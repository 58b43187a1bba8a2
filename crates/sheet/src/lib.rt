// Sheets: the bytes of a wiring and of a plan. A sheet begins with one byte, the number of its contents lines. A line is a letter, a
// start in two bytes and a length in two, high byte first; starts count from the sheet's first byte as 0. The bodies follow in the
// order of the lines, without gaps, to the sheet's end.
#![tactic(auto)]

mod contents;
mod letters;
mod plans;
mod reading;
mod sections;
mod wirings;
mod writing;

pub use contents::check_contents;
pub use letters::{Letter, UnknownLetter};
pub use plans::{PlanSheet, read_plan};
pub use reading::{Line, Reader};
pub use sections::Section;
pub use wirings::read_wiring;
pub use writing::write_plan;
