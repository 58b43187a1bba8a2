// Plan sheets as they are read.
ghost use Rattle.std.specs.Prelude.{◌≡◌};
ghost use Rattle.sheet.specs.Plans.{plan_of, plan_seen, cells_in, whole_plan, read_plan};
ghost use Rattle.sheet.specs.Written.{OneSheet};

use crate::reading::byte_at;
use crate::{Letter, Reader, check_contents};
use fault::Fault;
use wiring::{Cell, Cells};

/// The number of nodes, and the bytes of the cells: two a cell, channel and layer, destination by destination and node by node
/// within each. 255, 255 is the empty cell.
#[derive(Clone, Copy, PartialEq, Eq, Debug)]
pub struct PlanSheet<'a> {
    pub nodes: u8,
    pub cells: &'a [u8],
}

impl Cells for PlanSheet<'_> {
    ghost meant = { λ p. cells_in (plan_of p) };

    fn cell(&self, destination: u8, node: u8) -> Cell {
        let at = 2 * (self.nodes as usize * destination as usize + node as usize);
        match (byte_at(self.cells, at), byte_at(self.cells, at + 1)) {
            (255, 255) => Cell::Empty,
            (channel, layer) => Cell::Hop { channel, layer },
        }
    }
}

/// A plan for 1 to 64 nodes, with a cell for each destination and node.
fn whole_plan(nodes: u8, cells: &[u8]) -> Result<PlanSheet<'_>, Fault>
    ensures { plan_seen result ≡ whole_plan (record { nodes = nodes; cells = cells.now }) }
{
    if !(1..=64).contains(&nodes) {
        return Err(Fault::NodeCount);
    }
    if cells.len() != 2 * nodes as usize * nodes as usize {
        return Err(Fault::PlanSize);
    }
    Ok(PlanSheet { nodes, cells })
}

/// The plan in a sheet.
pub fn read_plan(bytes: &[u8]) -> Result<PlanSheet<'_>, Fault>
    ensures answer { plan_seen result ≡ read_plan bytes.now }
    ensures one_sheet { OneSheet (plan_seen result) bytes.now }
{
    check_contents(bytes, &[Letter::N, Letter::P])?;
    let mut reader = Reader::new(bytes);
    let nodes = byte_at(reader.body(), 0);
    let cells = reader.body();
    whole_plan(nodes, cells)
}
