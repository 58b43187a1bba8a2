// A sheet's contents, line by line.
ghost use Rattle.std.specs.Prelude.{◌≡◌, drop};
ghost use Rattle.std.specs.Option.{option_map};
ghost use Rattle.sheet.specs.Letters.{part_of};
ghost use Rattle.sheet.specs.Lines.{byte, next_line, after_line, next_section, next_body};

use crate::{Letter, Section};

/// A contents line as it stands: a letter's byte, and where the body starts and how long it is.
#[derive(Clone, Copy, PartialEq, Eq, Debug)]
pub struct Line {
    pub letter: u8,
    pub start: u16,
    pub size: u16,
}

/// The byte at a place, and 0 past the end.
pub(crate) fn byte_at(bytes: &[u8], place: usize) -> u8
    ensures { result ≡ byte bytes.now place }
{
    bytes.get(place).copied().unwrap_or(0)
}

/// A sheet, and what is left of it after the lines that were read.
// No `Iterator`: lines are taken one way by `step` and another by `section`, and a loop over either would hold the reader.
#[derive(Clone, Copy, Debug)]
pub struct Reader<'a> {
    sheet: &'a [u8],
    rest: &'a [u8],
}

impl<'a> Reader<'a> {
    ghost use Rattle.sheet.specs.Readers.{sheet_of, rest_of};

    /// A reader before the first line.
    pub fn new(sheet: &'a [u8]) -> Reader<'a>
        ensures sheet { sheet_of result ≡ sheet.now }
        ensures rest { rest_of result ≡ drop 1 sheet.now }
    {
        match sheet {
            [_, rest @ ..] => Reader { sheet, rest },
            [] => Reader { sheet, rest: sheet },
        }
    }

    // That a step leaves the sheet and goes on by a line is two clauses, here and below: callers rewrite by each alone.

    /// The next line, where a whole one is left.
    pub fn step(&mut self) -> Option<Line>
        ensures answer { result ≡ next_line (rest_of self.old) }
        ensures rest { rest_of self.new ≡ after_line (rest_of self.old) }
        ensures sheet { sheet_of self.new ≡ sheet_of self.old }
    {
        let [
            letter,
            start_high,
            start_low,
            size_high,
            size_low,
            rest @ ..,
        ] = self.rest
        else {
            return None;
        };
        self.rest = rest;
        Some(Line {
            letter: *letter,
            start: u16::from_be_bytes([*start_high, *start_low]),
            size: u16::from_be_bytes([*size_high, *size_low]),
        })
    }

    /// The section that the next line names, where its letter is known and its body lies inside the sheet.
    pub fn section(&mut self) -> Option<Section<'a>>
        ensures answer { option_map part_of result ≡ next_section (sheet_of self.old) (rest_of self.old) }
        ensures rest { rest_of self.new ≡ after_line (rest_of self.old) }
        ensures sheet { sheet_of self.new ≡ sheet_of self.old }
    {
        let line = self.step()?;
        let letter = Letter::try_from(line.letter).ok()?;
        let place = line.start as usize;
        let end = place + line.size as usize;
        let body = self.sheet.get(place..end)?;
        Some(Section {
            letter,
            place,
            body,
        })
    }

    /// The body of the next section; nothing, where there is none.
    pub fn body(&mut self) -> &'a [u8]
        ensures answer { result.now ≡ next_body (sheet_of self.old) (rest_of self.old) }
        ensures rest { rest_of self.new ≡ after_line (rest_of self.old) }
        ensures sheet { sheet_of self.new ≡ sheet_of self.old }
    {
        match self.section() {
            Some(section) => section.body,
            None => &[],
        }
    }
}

+ + +

- Task description
Beginning at the top of the records above, transcribe each line exactly up to and including the line that holds "mod contents;".

- Solution for this problem
repository 58b43187a1bba8a2
filename crates/sheet/src/lib.rt
// Sheets: the bytes of a wiring and of a plan. A sheet begins with one byte, the number of its contents lines. A line is a letter, a
// start in two bytes and a length in two, high byte first; starts count from the sheet's first byte as 0. The bodies follow in the
// order of the lines, without gaps, to the sheet's end.
#![tactic(auto)]

mod contents;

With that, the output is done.